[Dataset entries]

________

ghost use Rattle.std.specs.Prelude.{OnOk};
ghost use Rattle.rsml_syntax.specs.declared.token.Mark.TheVariants as marks;
ghost use Rattle.rsml_syntax.specs.declared.token.Word.TheVariants as words;
ghost use Rattle.rsml_syntax.specs.grammar.Grammar as grammar;
ghost use Rattle.rsml_syntax.specs.helpers.Printing.{Writes};

use super::items::{Print, print_each, print_members, print_separated};
use super::printer::Printer;
use super::sums::print_size;
use crate::syntax::{Body, Bus, Mention, StateDecl, Transition};
use crate::token::{Mark, Word};
use rsml_base::{List, NoMemory, Text};

impl Print for Bus {
    ghost tokens = { grammar.bus };

    fn print(&self, printer: &mut Printer) -> Result<(), NoMemory> {
        printer.word(Word::Bus)?;
        printer.name(&self.name)?;
        print_members(self.members.as_slice(), printer)
    }
}

fn print_movement(
    source: &Text,
    target: &Option<List<Text>>,
    printer: &mut Printer,
) -> Result<(), NoMemory>
    ensures { OnOk result (Writes printer.old printer.new (grammar.movement source.now target.now)) }
{
    match target {
        Some(target) => {
            printer.word(Word::Move)?;
            printer.name(source)?;
            printer.mark(Mark::Arrow)?;
            print_separated(Mark::Dot, target.as_slice(), printer)
        }
        None => {
            printer.word(Word::Stay)?;
            printer.name(source)
        }
    }
}

/// The word `raise` and the mentions, if there are some.
fn print_raises(raises: &[Mention], printer: &mut Printer) -> Result<(), NoMemory>
    ensures { OnOk result (Writes printer.old printer.new (grammar.raises raises.now)) }
{
    if !raises.is_empty() {
        printer.word(Word::Raise)?;
        print_separated(Mark::Comma, raises, printer)?;
    }
    Ok(())
}

impl Print for Transition {
    ghost tokens = { grammar.transition };

    fn print(&self, printer: &mut Printer) -> Result<(), NoMemory> {
        print_movement(&self.source, &self.target, printer)?;
        printer.word(Word::On)?;
        self.trigger.print(printer)?;
        self.guard.print(printer)?;
        print_raises(self.raises.as_slice(), printer)?;
        printer.mark(Mark::Semicolon)
    }
}

fn print_default(child: &Text, printer: &mut Printer) -> Result<(), NoMemory>
    ensures { OnOk result (Writes printer.old printer.new (λ rest.
        grammar.word words.Default (grammar.name child.now (grammar.mark marks.Semicolon rest)))) }
{
    printer.word(Word::Default)?;
    printer.name(child)?;
    printer.mark(Mark::Semicolon)
}

/// The buses, the transitions, and the brace after them.
fn print_transitions(
    buses: &[Bus],
    transitions: &[Transition],
    printer: &mut Printer,
) -> Result<(), NoMemory>
    ensures { OnOk result (Writes printer.old printer.new (λ rest.
        grammar.each grammar.bus buses.now (grammar.each grammar.transition transitions.now (grammar.mark marks.CloseBrace rest)))) }
{
    print_each(buses, printer)?;
    print_each(transitions, printer)?;
    printer.mark(Mark::CloseBrace)
}

#[cycle(states)]
#[tactic(auto, using(crate::proofs::BodyLemmas::body_all, crate::proofs::BodyLemmas::body_one))]
pub(crate) fn print_body(body: &Body, printer: &mut Printer) -> Result<(), NoMemory>
    ensures { OnOk result (Writes printer.old printer.new (grammar.body body.now)) }
{
    match body {
        Body::Basic => printer.mark(Mark::Semicolon),
        Body::One {
            first,
            children,
            buses,
            transitions,
        } => {
            printer.word(Word::One)?;
            printer.mark(Mark::OpenBrace)?;
            print_default(first, printer)?;
            print_states(children.as_slice(), printer)?;
            print_transitions(buses.as_slice(), transitions.as_slice(), printer)
        }
        Body::All { children } => {
            printer.word(Word::All)?;
            printer.mark(Mark::OpenBrace)?;
            print_states(children.as_slice(), printer)?;
            printer.mark(Mark::CloseBrace)
        }
    }
}

#[cycle(states)]
fn print_states(states: &[StateDecl], printer: &mut Printer) -> Result<(), NoMemory>
    ensures { OnOk result (Writes printer.old printer.new (grammar.each grammar.state states.now)) }
{
    for state in states {
        printer.word(if state.size.is_some() {
            Word::Array
        } else {
            Word::State
        })?;
        printer.name(&state.name)?;
        print_size(&state.size, printer)?;
        print_body(&state.body, printer)?;
    }
    Ok(())
}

________

• **WHAT YOU ARE ASKED TO DO**:
Return each line above exactly.

• **EXERCISE RESPONSE**:
ghost use Rattle.std.specs.Prelude.{OnOk};
ghost use Rattle.rsml_syntax.specs.declared.token.Mark.TheVariants as marks;
ghost use Rattle.rsml_syntax.specs.declared.token.Word.TheVariants as words;
ghost use Rattle.rsml_syntax.specs.grammar.Grammar as grammar;
ghost use Rattle.rsml_syntax.specs.helpers.Printing.{Writes};

use super::items::{Print, print_each, print_members, print_separated};
use super::printer::Printer;
use super::sums::print_size;
use crate::syntax::{Body, Bus, Mention, StateDecl, Transition};
use crate::token::{Mark, Word};
use rsml_base::{List, NoMemory, Text};

impl Print for Bus {
    ghost tokens = { grammar.bus };

    fn print(&self, printer: &mut Printer) -> Result<(), NoMemory> {
        printer.word(Word::Bus)?;
        printer.name(&self.name)?;
        print_members(self.members.as_slice(), printer)
    }
}

fn print_movement(
    source: &Text,
    target: &Option<List<Text>>,
    printer: &mut Printer,
) -> Result<(), NoMemory>
    ensures { OnOk result (Writes printer.old printer.new (grammar.movement source.now target.now)) }
{
    match target {
        Some(target) => {
            printer.word(Word::Move)?;
            printer.name(source)?;
            printer.mark(Mark::Arrow)?;
            print_separated(Mark::Dot, target.as_slice(), printer)
        }
        None => {
            printer.word(Word::Stay)?;
            printer.name(source)
        }
    }
}

/// The word `raise` and the mentions, if there are some.
fn print_raises(raises: &[Mention], printer: &mut Printer) -> Result<(), NoMemory>
    ensures { OnOk result (Writes printer.old printer.new (grammar.raises raises.now)) }
{
    if !raises.is_empty() {
        printer.word(Word::Raise)?;
        print_separated(Mark::Comma, raises, printer)?;
    }
    Ok(())
}

impl Print for Transition {
    ghost tokens = { grammar.transition };

    fn print(&self, printer: &mut Printer) -> Result<(), NoMemory> {
        print_movement(&self.source, &self.target, printer)?;
        printer.word(Word::On)?;
        self.trigger.print(printer)?;
        self.guard.print(printer)?;
        print_raises(self.raises.as_slice(), printer)?;
        printer.mark(Mark::Semicolon)
    }
}

fn print_default(child: &Text, printer: &mut Printer) -> Result<(), NoMemory>
    ensures { OnOk result (Writes printer.old printer.new (λ rest.
        grammar.word words.Default (grammar.name child.now (grammar.mark marks.Semicolon rest)))) }
{
    printer.word(Word::Default)?;
    printer.name(child)?;
    printer.mark(Mark::Semicolon)
}

/// The buses, the transitions, and the brace after them.
fn print_transitions(
    buses: &[Bus],
    transitions: &[Transition],
    printer: &mut Printer,
) -> Result<(), NoMemory>
    ensures { OnOk result (Writes printer.old printer.new (λ rest.
        grammar.each grammar.bus buses.now (grammar.each grammar.transition transitions.now (grammar.mark marks.CloseBrace rest)))) }
{
    print_each(buses, printer)?;
    print_each(transitions, printer)?;
    printer.mark(Mark::CloseBrace)
}

#[cycle(states)]
#[tactic(auto, using(crate::proofs::BodyLemmas::body_all, crate::proofs::BodyLemmas::body_one))]
pub(crate) fn print_body(body: &Body, printer: &mut Printer) -> Result<(), NoMemory>
    ensures { OnOk result (Writes printer.old printer.new (grammar.body body.now)) }
{
    match body {
        Body::Basic => printer.mark(Mark::Semicolon),
        Body::One {
            first,
            children,
            buses,
            transitions,
        } => {
            printer.word(Word::One)?;
            printer.mark(Mark::OpenBrace)?;
            print_default(first, printer)?;
            print_states(children.as_slice(), printer)?;
            print_transitions(buses.as_slice(), transitions.as_slice(), printer)
        }
        Body::All { children } => {
            printer.word(Word::All)?;
            printer.mark(Mark::OpenBrace)?;
            print_states(children.as_slice(), printer)?;
            printer.mark(Mark::CloseBrace)
        }
    }
}

#[cycle(states)]
fn print_states(states: &[StateDecl], printer: &mut Printer) -> Result<(), NoMemory>
    ensures { OnOk result (Writes printer.old printer.new (grammar.each grammar.state states.now)) }
{
    for state in states {
        printer.word(if state.size.is_some() {
            Word::Array
        } else {
            Word::State
        })?;
        printer.name(&state.name)?;
        print_size(&state.size, printer)?;
        print_body(&state.body, printer)?;
    }
    Ok(())
}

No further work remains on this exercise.